* TASK MATERIAL
#####

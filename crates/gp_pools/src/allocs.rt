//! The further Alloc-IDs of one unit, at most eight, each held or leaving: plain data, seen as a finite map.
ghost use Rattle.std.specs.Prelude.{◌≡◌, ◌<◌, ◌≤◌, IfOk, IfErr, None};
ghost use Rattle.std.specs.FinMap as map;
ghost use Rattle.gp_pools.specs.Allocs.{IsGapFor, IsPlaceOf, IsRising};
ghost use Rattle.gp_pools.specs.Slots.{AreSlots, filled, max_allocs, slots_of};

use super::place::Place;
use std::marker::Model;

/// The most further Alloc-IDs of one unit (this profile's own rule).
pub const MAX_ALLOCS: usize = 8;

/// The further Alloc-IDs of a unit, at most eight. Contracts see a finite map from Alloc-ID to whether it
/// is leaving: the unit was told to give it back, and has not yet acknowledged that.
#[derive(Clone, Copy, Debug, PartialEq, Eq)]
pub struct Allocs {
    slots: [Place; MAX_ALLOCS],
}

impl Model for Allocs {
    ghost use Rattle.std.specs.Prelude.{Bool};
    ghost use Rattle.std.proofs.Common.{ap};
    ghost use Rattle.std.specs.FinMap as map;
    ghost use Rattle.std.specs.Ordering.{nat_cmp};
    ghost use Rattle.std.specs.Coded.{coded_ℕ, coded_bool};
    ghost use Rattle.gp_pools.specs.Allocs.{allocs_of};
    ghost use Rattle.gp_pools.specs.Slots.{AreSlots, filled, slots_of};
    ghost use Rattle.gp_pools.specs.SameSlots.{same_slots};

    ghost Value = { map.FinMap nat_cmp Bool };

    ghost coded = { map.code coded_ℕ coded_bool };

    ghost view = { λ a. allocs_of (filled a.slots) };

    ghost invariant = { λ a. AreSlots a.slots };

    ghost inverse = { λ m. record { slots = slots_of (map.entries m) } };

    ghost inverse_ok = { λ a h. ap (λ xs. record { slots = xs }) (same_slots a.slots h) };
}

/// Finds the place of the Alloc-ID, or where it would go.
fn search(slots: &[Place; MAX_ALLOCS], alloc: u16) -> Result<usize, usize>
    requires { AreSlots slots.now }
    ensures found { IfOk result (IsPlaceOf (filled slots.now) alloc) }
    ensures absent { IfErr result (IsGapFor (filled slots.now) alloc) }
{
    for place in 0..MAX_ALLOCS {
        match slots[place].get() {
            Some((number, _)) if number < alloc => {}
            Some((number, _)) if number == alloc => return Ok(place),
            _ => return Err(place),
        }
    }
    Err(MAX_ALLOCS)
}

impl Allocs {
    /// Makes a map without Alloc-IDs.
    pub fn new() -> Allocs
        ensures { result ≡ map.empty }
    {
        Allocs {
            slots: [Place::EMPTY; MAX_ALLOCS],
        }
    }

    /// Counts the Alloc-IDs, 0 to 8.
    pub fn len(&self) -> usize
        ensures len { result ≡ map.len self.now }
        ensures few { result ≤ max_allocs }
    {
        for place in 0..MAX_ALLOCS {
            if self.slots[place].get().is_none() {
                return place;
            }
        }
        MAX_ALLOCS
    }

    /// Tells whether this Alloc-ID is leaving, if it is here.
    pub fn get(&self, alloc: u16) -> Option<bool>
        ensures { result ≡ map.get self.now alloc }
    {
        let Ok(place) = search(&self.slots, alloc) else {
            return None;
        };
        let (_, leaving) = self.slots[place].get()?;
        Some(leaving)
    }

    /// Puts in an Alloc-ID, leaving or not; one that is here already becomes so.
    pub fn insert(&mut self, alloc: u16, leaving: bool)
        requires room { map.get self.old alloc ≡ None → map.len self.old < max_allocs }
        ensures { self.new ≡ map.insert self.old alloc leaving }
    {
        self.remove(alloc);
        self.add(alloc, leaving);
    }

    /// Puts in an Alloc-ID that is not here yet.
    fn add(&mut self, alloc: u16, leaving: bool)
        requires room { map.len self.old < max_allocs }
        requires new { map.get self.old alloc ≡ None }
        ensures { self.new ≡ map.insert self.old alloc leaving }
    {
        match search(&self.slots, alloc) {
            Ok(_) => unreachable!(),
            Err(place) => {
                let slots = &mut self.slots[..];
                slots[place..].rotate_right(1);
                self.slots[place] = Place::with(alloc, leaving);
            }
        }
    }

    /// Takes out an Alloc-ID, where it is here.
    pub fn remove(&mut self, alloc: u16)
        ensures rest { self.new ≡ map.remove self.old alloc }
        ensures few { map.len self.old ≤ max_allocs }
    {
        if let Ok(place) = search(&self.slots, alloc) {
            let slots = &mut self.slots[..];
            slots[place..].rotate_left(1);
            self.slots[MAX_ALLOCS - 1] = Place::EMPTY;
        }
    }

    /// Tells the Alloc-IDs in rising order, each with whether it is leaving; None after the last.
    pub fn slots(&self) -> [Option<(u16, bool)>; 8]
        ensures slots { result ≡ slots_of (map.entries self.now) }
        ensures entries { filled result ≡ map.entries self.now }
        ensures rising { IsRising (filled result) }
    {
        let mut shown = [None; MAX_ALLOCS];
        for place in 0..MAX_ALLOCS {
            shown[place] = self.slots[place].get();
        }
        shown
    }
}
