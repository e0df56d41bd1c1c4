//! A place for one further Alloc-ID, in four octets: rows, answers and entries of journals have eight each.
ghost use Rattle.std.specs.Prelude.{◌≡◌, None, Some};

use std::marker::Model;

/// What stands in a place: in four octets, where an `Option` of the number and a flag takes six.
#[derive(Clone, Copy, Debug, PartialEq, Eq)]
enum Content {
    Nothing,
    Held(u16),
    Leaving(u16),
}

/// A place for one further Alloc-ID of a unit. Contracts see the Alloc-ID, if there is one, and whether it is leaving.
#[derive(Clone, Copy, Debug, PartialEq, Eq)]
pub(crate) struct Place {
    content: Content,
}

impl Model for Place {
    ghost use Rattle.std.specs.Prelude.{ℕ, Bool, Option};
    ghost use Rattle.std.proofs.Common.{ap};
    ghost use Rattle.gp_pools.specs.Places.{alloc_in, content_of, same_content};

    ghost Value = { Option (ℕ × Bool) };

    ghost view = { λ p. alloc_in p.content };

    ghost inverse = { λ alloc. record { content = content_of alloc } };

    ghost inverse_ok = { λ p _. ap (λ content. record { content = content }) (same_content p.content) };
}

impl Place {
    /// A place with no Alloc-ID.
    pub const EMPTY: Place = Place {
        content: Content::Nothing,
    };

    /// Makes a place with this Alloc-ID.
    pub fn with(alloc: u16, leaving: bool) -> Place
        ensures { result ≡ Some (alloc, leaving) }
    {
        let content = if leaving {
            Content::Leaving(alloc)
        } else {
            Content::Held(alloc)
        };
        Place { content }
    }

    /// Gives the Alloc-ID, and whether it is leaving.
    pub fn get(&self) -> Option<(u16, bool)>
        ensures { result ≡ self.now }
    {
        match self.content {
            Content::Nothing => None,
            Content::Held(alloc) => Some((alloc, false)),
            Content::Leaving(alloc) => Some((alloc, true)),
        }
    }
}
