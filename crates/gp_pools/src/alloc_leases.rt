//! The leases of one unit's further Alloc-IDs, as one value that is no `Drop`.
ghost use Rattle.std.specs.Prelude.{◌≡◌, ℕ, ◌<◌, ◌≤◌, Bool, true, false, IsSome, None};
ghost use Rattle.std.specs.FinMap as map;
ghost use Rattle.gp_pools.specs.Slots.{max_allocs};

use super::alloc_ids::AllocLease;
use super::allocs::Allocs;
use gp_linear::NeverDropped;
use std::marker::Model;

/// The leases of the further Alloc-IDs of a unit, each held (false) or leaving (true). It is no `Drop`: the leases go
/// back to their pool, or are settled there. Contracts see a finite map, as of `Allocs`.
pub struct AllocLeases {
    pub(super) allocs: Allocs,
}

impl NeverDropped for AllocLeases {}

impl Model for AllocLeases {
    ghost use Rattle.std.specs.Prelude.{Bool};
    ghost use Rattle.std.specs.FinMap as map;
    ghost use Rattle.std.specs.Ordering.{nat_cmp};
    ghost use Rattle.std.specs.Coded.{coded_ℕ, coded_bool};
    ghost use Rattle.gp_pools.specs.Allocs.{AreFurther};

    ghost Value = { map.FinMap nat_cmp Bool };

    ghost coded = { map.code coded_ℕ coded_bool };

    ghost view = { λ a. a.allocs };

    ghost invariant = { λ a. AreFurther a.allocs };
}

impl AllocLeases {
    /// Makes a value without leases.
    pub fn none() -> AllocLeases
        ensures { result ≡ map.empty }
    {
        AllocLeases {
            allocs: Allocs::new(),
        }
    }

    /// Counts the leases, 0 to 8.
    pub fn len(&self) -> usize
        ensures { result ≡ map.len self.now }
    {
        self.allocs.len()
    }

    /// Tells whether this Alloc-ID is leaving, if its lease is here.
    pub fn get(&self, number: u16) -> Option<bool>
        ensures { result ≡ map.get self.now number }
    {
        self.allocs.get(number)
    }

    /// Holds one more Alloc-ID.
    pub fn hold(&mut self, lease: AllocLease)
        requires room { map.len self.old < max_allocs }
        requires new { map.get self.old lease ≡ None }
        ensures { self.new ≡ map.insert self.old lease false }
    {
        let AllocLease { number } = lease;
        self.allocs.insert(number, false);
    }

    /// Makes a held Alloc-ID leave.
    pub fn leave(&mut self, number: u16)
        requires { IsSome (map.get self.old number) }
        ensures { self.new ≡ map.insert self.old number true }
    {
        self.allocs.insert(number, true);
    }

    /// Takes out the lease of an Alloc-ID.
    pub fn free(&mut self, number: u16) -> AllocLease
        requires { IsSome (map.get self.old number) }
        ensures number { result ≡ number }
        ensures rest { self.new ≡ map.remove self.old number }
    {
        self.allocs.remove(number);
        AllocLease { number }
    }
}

#####

* REQUIRED WORK
Restate the listing word for word, but only from its first line through the line with "to whether it", keeping both end lines.

* SOLUTION BELOW
filename crates/gp_pools/src/allocs.rt
//! The further Alloc-IDs of one unit, at most eight, each held or leaving: plain data, seen as a finite map.
ghost use Rattle.std.specs.Prelude.{◌≡◌, ◌<◌, ◌≤◌, IfOk, IfErr, None};
ghost use Rattle.std.specs.FinMap as map;
ghost use Rattle.gp_pools.specs.Allocs.{IsGapFor, IsPlaceOf, IsRising};
ghost use Rattle.gp_pools.specs.Slots.{AreSlots, filled, max_allocs, slots_of};

use super::place::Place;
use std::marker::Model;

/// The most further Alloc-IDs of one unit (this profile's own rule).
pub const MAX_ALLOCS: usize = 8;

/// The further Alloc-IDs of a unit, at most eight. Contracts see a finite map from Alloc-ID to whether it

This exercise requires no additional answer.